I will never understand women!!!!!!

However, I would like to...... maybe

First, I was a workaholic who made lots of money but she wanted me to spend time with her.

Lost this one.

Second I stop being a workaholic thanks in part to three accidents that leave me disabled for work but just fine for daily life activities.

I meet a woman who I love very deeply in that I love to listen to her voice, watch her sleep, see her smile, kisses like wine, eyes to fall into forever, but she is to skinny, the right height to dance with, and the best lover I have ever had.

Her body sings as we make love and I have never met such a woman.

The problem and question are this.

After all this, she likes money more then Love and only kisses me and makes love to please me.

She does not get aroused before but only after, I touch her.

Therefore, I spent 22 years, 5 surgeries, and a lot of time and effort trying to get back in touch with my feelings to the point where I can now cry in front of someone and I find the woman of my dreams.

But only to find out that money is her number one reason for living, she dislikes love making, to messy and time consuming (I take to long) even though she is great at it.

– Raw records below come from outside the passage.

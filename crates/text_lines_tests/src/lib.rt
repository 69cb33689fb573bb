//! What lines are read from devices that cut their bytes and fail at some call.
#![tactic(auto)]

#[cfg(test)]
mod tests;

Now I cannot get in the mood to love her knowing she does not like it and if I spend time with her, she then feels the need to wait on me and cook for me and buy more food to feed me.

As a disabled person I have SSI and though it is not a lot of money it is more then enough for me to live well on but not for two people so she considers me poor, she hates my doing volunteer work for free and she wants me to think of ways to make money only.

She has only been in the USA for 5 years and I am her first lover.

So does it sound like we can make it as a couple?

How much money do you need to be happy and she says $300,000.00 then she can retire and rest.

Is that enough to retire on?

Even though her mind does not like sex but her body does will they ever join up?

I had 27 years of construction experience as well as 15 years as a mechanic and 5 years in electronics repair but I can never go back to any of it.

I have 6 pounds of Titanium in my back so I can walk and ride a bike and dance but when your back says rest you do it quickly.

So I have no training in anything else and to get more would be a minimum of 2 years back to college but she doesn't want to wait that long.

Didn't Love come before Money or do I have it backwards?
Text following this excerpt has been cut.